Linux never returned any information about the status of the other side of the pipe via the readable information, because readable was always returned true, since POLLIN was set unconditionally by the pipe_poll code. So we're not going to break anything in that sense, it was already broken and infact we're fixing it right now ;). POLLIN was providing absolutely zero information because it was always set unconditionally for both readers and writers. That was wrong and that's why I changed it and this seem to make the doRead code valid for the first time in linux.
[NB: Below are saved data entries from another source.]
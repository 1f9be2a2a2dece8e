// What is served at a start: what the journal keeps wins over the configuration.
use crate::book::Book;
use crate::office::{list_of, press, sit, users};
use mgs_buffers::{Buffers, Rights};
use mgs_keeper::start;
use mgs_marks::PlainMarked;
use mgs_model::{Name, Owners};
use mgs_store::RefusingStore;
use mgs_wire::Sessions;
use std::process::Abort;
use std::test::Fail;

const OWNERS_ENTRY: &str = "ALLOW OWNER@ rwatdcCo";

fn name_of(text: &str, rt: &impl Abort) -> Name {
    match Name::read(text) {
        Some(name) => name,
        None => panic!(rt; "no name"),
    }
}

// It keeps a buffer that is its owner's alone.
fn keep(
    book: &mut Book,
    buffer: &str,
    owner: &str,
    text: Option<&str>,
    rt: &impl Abort,
) -> Result<(), Fail> {
    let owners = Owners {
        owner: name_of(owner, rt),
        group: None,
    };
    let rights = Rights {
        name: &name_of(buffer, rt),
        owners: &owners,
        list: &list_of(&[OWNERS_ENTRY], rt),
    };
    book.keep(&rights, text)
}

// Whether these bytes stand somewhere among others.
fn has(all: &[u8], bytes: &[u8]) -> bool {
    for i in 0..all.len() {
        if all[i..].starts_with(bytes) {
            return true;
        }
    }
    false
}

// By the configuration bob may read `notes`, and by the journal no longer; `plan` is the journal's alone, with an unsaved text, `letters` the
// configuration's.
#[test]
fn what_was_revoked_stays_revoked(rt: HostRuntime) -> Result<(), Fail> {
    let alloc = rt.alloc();
    let mut book = Book::new(alloc, 100);
    keep(&mut book, "notes", "ann", None, &rt)?;
    keep(&mut book, "plan", "bob", Some("kept words"), &rt)?;
    let mut configured: Buffers<PlainMarked> = Buffers::new(alloc);
    let list = list_of(&[OWNERS_ENTRY, "ALLOW bob rt"], &rt);
    assert!(rt;
        configured
            .add("notes", "ann", None, list, &['n'], false)
            .is_ok()
    );
    let list = list_of(&[OWNERS_ENTRY], &rt);
    assert!(rt;
        configured
            .add("letters", "ann", None, list, &['l'], false)
            .is_ok()
    );
    let Ok(mut server) = start(
        alloc,
        users(alloc, &rt),
        &configured,
        RefusingStore::new(),
        book,
    ) else {
        panic!(rt; "not started");
    };
    let bob = sit(&mut server, "bob", &rt);
    press(&mut server, bob, b"\x18bnotes\r");
    press(&mut server, bob, b"\x18bplan\r");
    press(&mut server, bob, b"x");
    assert!(rt;
        server.journal().words()
            == "- makes letters\nbob comes \nbob is denied notes READ_ATTRIBUTES\n"
    );
    assert!(rt; !server.has_failed());
    assert!(rt; has(server.pending(bob), b"kept words"));
    Ok(())
}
Of course, if it were that simple, doRead would just be implemented as "return CONNECTION_LOST". From my testing, that'd even work on BSDs. However, linux adds its own little wrinkle to the problem. On linux, the observed behavior seems to be that only one write can be outstanding at a time -- if there is data in the buffer, writable will be false and readable will be true. Otherwise, the inverse. This is
It's never the inverse since pollin was always forced to be set, both for readers and writers, so a write fd was always returned as readable unconditionally. But you're perfectly right that if there is data in the buffer writeable was false and readable was true. (readable provides no info in linux)
quite silly...but it's what happens. As far as I can tell, at no time are both true, except when the pipe is disconnected. On BSD, a write pipe is simply never readable until the reader is closed, which is a lot more sensible. Also note, that bit of code is unnecessary if you're using pollreactor rather than selectreactor. That is, I think it should be fine with
This is great news. However note that the 2.6.11-rc5 official kernel broke my app with the pollreactor too. So something else must have been broken for the pollreactor too making the same assumption that doRead did, and it's working fine again with my pipe patch infact.
twisted if the pipe is just POLLHUP when it is disconnected rather than POLLHUP|POLLIN|POLLOUT.
It's POLLERR not POLLHUP. POLLHUP is set only when the "writer" side disconnected and you're listening to a reader fd. POLLERR is instead returned when the "reader" disconnected and you're listening to a writer fd. In select terms it means when the reader disconnects the fd will be both readable and writeable. And when the writer disconnects the fd will be reported only as readable. In poll terms it means with linux _only_ POLLERR will be set when the read disconnects, and POLLIN will never ever be set on a WRONLY pipe. So with the new fixes it seems linux does the right thing, and we at leats mimic the select behaviour that twisted expects, I hope we mimic the poll behaviour that twisted expects too. I found the openbsd implementation of pipe_poll here: http://fxr.watson.org/fxr/source/kern/sys_pipe.c?v=OPENBSD#L661 671 if (events & (POLLIN | POLLRDNORM)) { 672 if ((rpipe->pipe_buffer.cnt > 0) || 673 (rpipe->pipe_state & PIPE_EOF)) 674 revents |= events & (POLLIN | POLLRDNORM); 675 } The way I read it, even openbsd will report the fd as readable regardless if the channel is disconnected, if the buffer has something into it. Anyway linux won't do that anymore, a write fd will be now reported as readable only if the reader has disconnected, and so you're safe to assume the reader disconnected if selects returns readable && writeable. So I think we should be fine now and no changes are required in twisted at least for the select reactor side. Please double check the pollreactor side too, we'll never return POLLIN anymore for a WRONLY pipe fd. I'm going to update a semi-productive system running twisted servers using processes too, with the new pipe_poll code too to see what happens (that's the good thing of not being fully productive yet, so I can experiment a bit more ;).